[Data for analysis]
// Nothing runs here: the crate holds document 01's marked lines as one table with one theorem.
#![tactic(auto)]

// Answers what it is given: a crate has to have a function.
pub fn nothing(x: u64) -> u64 {
    x
}
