//! Servers: processes that may wait forever, so that a run may end while they wait.
#![tactic(auto)]

pub mod law;
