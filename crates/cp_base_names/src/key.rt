//! The key of the hashes of a text's names.
//!
//! Whoever writes a text can compute the hashes of its names. The key is a digest of all names that
//! the text declares. So other names that would collide have another key, and no one can choose the
//! key before the names. No clause mentions the key: it decides how long a search takes, and no
//! answer.

ghost use Rattle.std.specs.Hash as fed;
ghost use Rattle.std.specs.Hash.DefaultHasher as sip;
ghost use Rattle.std.specs.List.{fold};

use cp_model::tree::{
    Defined, Fields, Identifier, Parameters, Routine, Section, Tree, TypeExpression,
};
use md5::{Digest, Md5};
use std::hash::{BuildHasher, DefaultHasher, Hasher};

/// The key, which is hashed before each name. It is one word, since each table holds it.
#[derive(Clone, Copy)]
pub struct Key {
    word: u64,
}

impl BuildHasher for Key {
    type Hasher = DefaultHasher;

    ghost build_hasher = { λ k. fold sip.write sip.initial (fed.u64 k.word) };

    #[inline(always)]
    fn build_hasher(&self) -> DefaultHasher {
        let mut hasher = DefaultHasher::new();
        hasher.write_u64(self.word);
        hasher
    }
}

fn add(digest: &mut Md5, name: &Identifier) {
    digest.update(name.name.as_bytes());
    digest.update(b" ".as_slice());
}

fn add_all(digest: &mut Md5, names: &[Identifier]) {
    for name in names {
        add(digest, name);
    }
}

fn add_written(digest: &mut Md5, of: &TypeExpression) {
    match of {
        TypeExpression::Named(_) | TypeExpression::Subrange(_) => {}
        TypeExpression::Array {
            indices,
            element,
            ..
        } => {
            for index in indices.as_slice() {
                // Most index types declare nothing, and there may be very many.
                if !matches!(
                    index,
                    TypeExpression::Named(_) | TypeExpression::Subrange(_)
                ) {
                    add_written(digest, index);
                }
            }
            add_written(digest, element);
        }
        TypeExpression::Record { groups, .. } => {
            for group in groups.as_slice() {
                add_all(digest, &group.names);
                add_written(digest, &group.of);
            }
        }
    }
}

fn add_fields(digest: &mut Md5, groups: &[Fields]) {
    for group in groups {
        add_all(digest, &group.names);
        add_written(digest, &group.of);
    }
}

fn add_parameters(digest: &mut Md5, groups: &[Parameters]) {
    for group in groups {
        add_all(digest, &group.names);
    }
}

fn add_routines(digest: &mut Md5, routines: &[Routine]) {
    for routine in routines {
        add(digest, &routine.name);
        add_parameters(digest, &routine.parameters);
        add_fields(digest, &routine.variables);
    }
}

fn add_defined(digest: &mut Md5, defined: &Defined) {
    match defined {
        Defined::Written(of) => add_written(digest, of),
        Defined::Enumeration(values) => add_all(digest, values),
        Defined::System(system) => {
            add_parameters(digest, &system.parameters);
            add_fields(digest, &system.variables);
            add_routines(digest, &system.routines);
        }
    }
}

fn add_section(digest: &mut Md5, section: &Section) {
    match section {
        Section::Constants(definitions) => {
            for definition in definitions {
                add(digest, &definition.name);
            }
        }
        Section::Types(definitions) => {
            for definition in definitions {
                add(digest, &definition.name);
                add_defined(digest, &definition.defined);
            }
        }
    }
}

impl Key {
    /// The key of a text with this tree.
    pub fn of(tree: &Tree) -> Key {
        let mut digest = Md5::new();
        for section in &tree.sections {
            add_section(&mut digest, section);
        }
        add_fields(&mut digest, &tree.variables);
        add_routines(&mut digest, &tree.routines);
        let [a, b, c, d, e, f, g, h, ..] = digest.finalize();
        Key {
            word: u64::from_le_bytes([a, b, c, d, e, f, g, h]),
        }
    }
}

[How to complete this task]
Extract the first line above and each line after it up to and including the one with "all names that", please, exactly and with nothing else.

[Answer below]
// Nothing runs here: the crate holds document 01's marked lines as one table with one theorem.
#![tactic(auto)]

// Answers what it is given: a crate has to have a function.
pub fn nothing(x: u64) -> u64 {
    x
}
//! Servers: processes that may wait forever, so that a run may end while they wait.
#![tactic(auto)]

pub mod law;
filename crates/cp_base_names/src/key.rt
//! The key of the hashes of a text's names.
//!
//! Whoever writes a text can compute the hashes of its names. The key is a digest of all names that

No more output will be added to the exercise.